Platform Issues
Incident Report for BitGo
Postmortem

Overview

At 2:48 PM PST on Wednesday, December 9th an incorrectly generated release manifest was deployed to the BitGo production environment. This caused a number of platform components to be reconfigured in a way that prevented communication with several service components.

Timeline

(All times stated here are Pacific Standard Time)

2:48 PM - Release manifest is deployed to production.

2:50 PM - Automated monitoring alerts on service disruptions.

2:54 PM - An internal incident is announced and remediation efforts commence.

3:40 PM - Service health was completely restored.

Impact

Services that support our wallet platform were primarily impacted, resulting in a cascading effect on ancillary services (i.e., blockchain APIs being unavailable). 

The service disruption was caused by deployment misconfiguration only and did not result in any data loss or corruption.This outage did not interact with or impact any systems that process funds or currency.

Root Cause Analysis

A generated release manifest was missing a set of production configurations. When deployed, this manifest caused a number of services to update with incorrect settings which disrupted their communication with other services.

Mitigation

Our incident response team was immediately alerted of these services having issues and began assessing the problem. Within minutes we were able to identify the cause and began taking steps to resolve:

  • A number of misconfigured service components were removed or rolled back
  • Release manifests were properly regenerated with production configuration and redeployed
  • System components were closely monitored until service health was fully restored

Future Remediation

Immediately, we are refactoring a portion of our release process that requires human intervention so that we remove the possibility of incorrectly generating our production release manifests. This semi-manual aspect of our process is temporary and we’re actively working on improvements to include more automation as part of our Q1 engineering roadmap.

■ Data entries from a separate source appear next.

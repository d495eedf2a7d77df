//! Nodes with few and with many children, and numbers of more than 16 or 32 bits.

ghost use Rattle.std.specs.Prelude.{◌<◌, length};
ghost use Rattle.trees.specs.Cells.{AreBelow, IsBelow};

use crate::checks::{expect, expect_at, expect_in, expect_len};
use std::alloc::Global;
use std::process::Abort;
use trees::{Child, Children, Kind, NodeId, Store};

const PLUS: Child = Child::Token(Kind::Rule(1));

/// A token that has no number of 32 bits.
const LARGE: Child = Child::Token(Kind::Rule(2_147_483_647));

/// A node: its production, the edit that made it, how many children it has, and the last one.
type Row = (usize, u64, usize, Child);

const ROWS: &[Row] = &[
    (1, 2, 0, PLUS),
    (1, 2, 1, PLUS),
    (1, 2, 4, PLUS),
    (1, 2, 5, PLUS),
    (1, 2, 16, PLUS),
    (1, 2, 40, PLUS),
    (1, 2, 3, LARGE),
    (1, 2, 16, LARGE),
    (65_535, 4_294_967_295, 4, PLUS),
    (65_536, 2, 4, PLUS),
    (65_536, 2, 5, PLUS),
    (1, 4_294_967_296, 4, PLUS),
    (1, 4_294_967_296, 5, PLUS),
];

/// Child number `k` of so many, where the first and the last are these.
fn child_at(first: Child, count: usize, last: Child, k: usize) -> Child
    requires { k < count }
{
    if k + 1 == count {
        last
    } else if k == 0 {
        first
    } else {
        Child::Token(Kind::Rule(k))
    }
}

/// Stops the test unless the child is a token, or a node of the store.
fn check_child(rt: &impl Abort, store: &Store, child: Child)
    ensures { IsBelow (length store.now) child }
{
    if let Child::Node(id) = child {
        expect_in(rt, store, id);
    }
}

/// Stops the test unless each child is a token, or a node of the store.
fn check_children(rt: &impl Abort, store: &Store, children: Children<'_>)
    ensures { AreBelow (length store.now) children.entry }
{
    for child in children {
        check_child(rt, store, child);
    }
}

/// Makes the node of a row. If it has more than one child, the first one is a node.
fn make(
    rt: &impl Abort,
    alloc: Global,
    store: &mut Store,
    (production, born, count, last): Row,
) -> Child {
    let leaf = store.branch(alloc, 2, &[PLUS], 9).expect(rt, "memory");
    let mut children = Vec::new(alloc);
    for k in 0..count {
        let child = child_at(Child::Node(leaf), count, last, k);
        children.push(child).expect(rt, "memory");
    }
    check_children(rt, store, Children::of(&children));
    let id = store.branch(alloc, production, &children, born);
    Child::Node(id.expect(rt, "memory"))
}

/// Makes the nodes of all rows, and one over them.
fn make_all(rt: &impl Abort, alloc: Global, store: &mut Store) -> NodeId {
    let mut made = Vec::new(alloc);
    for row in ROWS {
        made.push(make(rt, alloc, store, *row)).expect(rt, "memory");
    }
    check_children(rt, store, Children::of(&made));
    store.branch(alloc, 0, &made, 10).expect(rt, "memory")
}

/// The first child is a node over a plus, if there are more.
fn check_first(rt: &impl Abort, store: &Store, first: Option<Child>, count: usize) {
    if let Some(Child::Node(leaf)) = first {
        expect_in(rt, store, leaf);
        let shown = (store.production(leaf), store.born(leaf));
        expect(rt, shown == (2, 9), "the first child");
    } else {
        expect(rt, count < 2, "no node is the first child");
    }
}

/// Each child of a node is what it is to be, where the first one is this.
fn check_in_order(rt: &impl Abort, store: &Store, id: NodeId, first: Child, rest: (usize, Child))
    requires { id.index < length store.now }
{
    let (count, last) = rest;
    for (k, child) in store.children(id).enumerate() {
        expect_at(rt, store.child(id, k) == Some(child), k);
        let is_awaited = k < count && child == child_at(first, count, last, k);
        expect_at(rt, is_awaited, k);
    }
}

/// The same from the last child on.
fn check_reversed(rt: &impl Abort, store: &Store, id: NodeId, first: Child, rest: (usize, Child))
    requires { id.index < length store.now }
{
    let (count, last) = rest;
    let mut left = store.children(id);
    for k in 0..count {
        let back = child_at(first, count, last, count - 1 - k);
        expect_at(rt, left.next_back() == Some(back), k);
    }
}

fn check_row(rt: &impl Abort, store: &Store, id: NodeId, (production, born, count, last): Row) {
    expect_in(rt, store, id);
    let shown = (store.production(id), store.born(id), store.tokens(id));
    expect(rt, shown == (production, born, count as u64), "a node");
    let first = store.child(id, 0);
    check_first(rt, store, first, count);
    expect(rt, store.children(id).count() == count, "children");
    expect(rt, store.child(id, count) == None, "no child after them");
    let first = first.unwrap_or(PLUS);
    check_in_order(rt, store, id, first, (count, last));
    check_reversed(rt, store, id, first, (count, last));
}

/// The child of a node with this number, which is a node.
fn node_below(rt: &impl Abort, store: &Store, root: NodeId, k: usize) -> NodeId {
    expect_in(rt, store, root);
    let Some(Child::Node(id)) = store.child(root, k) else {
        panic!(rt; "no node");
    };
    id
}

/// Below a root are the nodes of all rows.
fn check_all(rt: &impl Abort, store: &Store, root: NodeId) {
    for (k, row) in ROWS.iter().enumerate() {
        check_row(rt, store, node_below(rt, store, root, k), *row);
    }
}

#[test]
fn children_of_nodes_of_each_form(rt: HostRuntime) {
    let mut store = Store::new(rt.alloc());
    let root = make_all(&rt, rt.alloc(), &mut store);
    check_all(&rt, &store, root);
}

/// Compacts a store to one tree, and to the same tree twice, which is still one.
fn check_compaction(rt: &impl Abort, alloc: Global, store: &mut Store) {
    let root = make_all(rt, alloc, store);
    expect_in(rt, store, root);
    let mut roots = [root];
    store.compact(alloc, &mut roots).expect(rt, "memory");
    let [root] = roots;
    expect_len(rt, store, 25);
    check_all(rt, store, root);
    expect_in(rt, store, root);
    let mut roots = [root, root];
    store.compact(alloc, &mut roots).expect(rt, "memory");
    let [first, second] = roots;
    expect_len(rt, store, 25);
    expect(rt, first == second, "one tree");
    check_all(rt, store, first);
}

#[test]
fn compacting_keeps_nodes_of_each_form(rt: HostRuntime) {
    let mut store = Store::new(rt.alloc());
    check_compaction(&rt, rt.alloc(), &mut store);
}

Posted Dec 10, 2020 - 17:44 PST

Resolved
This incident has been resolved.
Posted Dec 09, 2020 - 16:25 PST
Update
We are continuing to work on a fix for this issue.
Posted Dec 09, 2020 - 15:24 PST
Identified
The issue has been identified and a fix is being implemented.
Posted Dec 09, 2020 - 15:22 PST
Investigating
We are currently investigating this issue.
Posted Dec 09, 2020 - 15:05 PST
This incident affected: API, Wallets, Settlement, Portfolio & Tax, Reporting and Digital Assets (Ripple).